Collected data entries |
──────────
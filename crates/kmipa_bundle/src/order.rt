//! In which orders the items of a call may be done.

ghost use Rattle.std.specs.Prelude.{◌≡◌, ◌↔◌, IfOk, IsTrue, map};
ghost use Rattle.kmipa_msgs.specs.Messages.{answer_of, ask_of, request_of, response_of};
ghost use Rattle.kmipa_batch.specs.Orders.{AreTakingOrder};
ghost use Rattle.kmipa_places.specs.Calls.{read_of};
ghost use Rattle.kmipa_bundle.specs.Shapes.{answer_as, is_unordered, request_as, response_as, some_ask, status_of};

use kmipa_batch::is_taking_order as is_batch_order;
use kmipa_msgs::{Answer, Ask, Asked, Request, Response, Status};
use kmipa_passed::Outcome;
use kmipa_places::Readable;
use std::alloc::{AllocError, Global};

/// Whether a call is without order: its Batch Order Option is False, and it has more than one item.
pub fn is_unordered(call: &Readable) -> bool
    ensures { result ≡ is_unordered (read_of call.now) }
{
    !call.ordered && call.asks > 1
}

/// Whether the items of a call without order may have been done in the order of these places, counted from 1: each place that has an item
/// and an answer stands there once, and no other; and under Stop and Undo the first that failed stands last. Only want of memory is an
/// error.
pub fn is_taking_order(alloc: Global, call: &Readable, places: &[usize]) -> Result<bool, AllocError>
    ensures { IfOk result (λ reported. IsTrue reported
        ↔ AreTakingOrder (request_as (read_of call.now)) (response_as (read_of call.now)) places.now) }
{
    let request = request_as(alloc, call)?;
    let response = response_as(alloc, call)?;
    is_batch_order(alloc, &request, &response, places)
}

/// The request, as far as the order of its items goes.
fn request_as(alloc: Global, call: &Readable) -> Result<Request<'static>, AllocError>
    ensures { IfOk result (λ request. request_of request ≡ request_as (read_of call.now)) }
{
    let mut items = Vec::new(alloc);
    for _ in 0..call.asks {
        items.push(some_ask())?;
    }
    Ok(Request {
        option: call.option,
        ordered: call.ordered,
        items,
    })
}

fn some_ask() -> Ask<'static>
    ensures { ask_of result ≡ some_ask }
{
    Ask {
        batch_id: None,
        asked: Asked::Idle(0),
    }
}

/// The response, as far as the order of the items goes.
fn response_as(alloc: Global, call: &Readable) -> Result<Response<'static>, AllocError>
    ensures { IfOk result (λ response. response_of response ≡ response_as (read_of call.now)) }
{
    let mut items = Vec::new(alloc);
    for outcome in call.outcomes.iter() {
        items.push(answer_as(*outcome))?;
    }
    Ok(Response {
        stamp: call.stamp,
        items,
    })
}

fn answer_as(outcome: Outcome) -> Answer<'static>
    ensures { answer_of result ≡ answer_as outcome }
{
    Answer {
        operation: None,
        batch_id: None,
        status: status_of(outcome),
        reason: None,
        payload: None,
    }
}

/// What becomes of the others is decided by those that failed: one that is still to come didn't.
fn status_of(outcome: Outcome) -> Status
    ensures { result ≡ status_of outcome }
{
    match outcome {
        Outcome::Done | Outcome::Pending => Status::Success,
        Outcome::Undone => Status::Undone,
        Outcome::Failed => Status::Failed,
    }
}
──────────
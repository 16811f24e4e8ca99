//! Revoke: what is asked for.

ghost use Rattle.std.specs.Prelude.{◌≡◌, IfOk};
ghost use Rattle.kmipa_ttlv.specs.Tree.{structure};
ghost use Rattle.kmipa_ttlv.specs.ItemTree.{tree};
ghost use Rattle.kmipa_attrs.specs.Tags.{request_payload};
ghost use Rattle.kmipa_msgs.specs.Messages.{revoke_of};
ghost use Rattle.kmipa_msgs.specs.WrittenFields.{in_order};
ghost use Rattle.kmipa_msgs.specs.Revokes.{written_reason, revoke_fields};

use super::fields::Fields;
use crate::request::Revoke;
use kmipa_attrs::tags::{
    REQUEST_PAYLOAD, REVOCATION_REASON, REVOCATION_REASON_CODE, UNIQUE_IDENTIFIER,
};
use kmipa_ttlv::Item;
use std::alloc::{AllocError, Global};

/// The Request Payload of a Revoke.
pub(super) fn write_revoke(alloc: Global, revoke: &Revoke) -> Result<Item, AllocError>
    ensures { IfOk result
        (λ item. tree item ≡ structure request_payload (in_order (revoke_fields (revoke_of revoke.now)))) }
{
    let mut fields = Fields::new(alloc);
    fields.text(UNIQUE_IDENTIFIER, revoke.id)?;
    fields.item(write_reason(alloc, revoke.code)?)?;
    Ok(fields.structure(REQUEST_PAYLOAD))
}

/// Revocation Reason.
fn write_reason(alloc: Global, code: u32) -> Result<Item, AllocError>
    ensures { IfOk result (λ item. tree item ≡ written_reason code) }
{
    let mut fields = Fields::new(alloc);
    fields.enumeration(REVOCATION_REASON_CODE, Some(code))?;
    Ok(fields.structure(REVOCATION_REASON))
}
──────────
Exercise description |
Go through the entries above and report every line in which the word "Whether" appears.

Solution to this exercise |
/// Whether a call is without order: its Batch Order Option is False, and it has more than one item.
/// Whether the items of a call without order may have been done in the order of these places, counted from 1: each place that has an item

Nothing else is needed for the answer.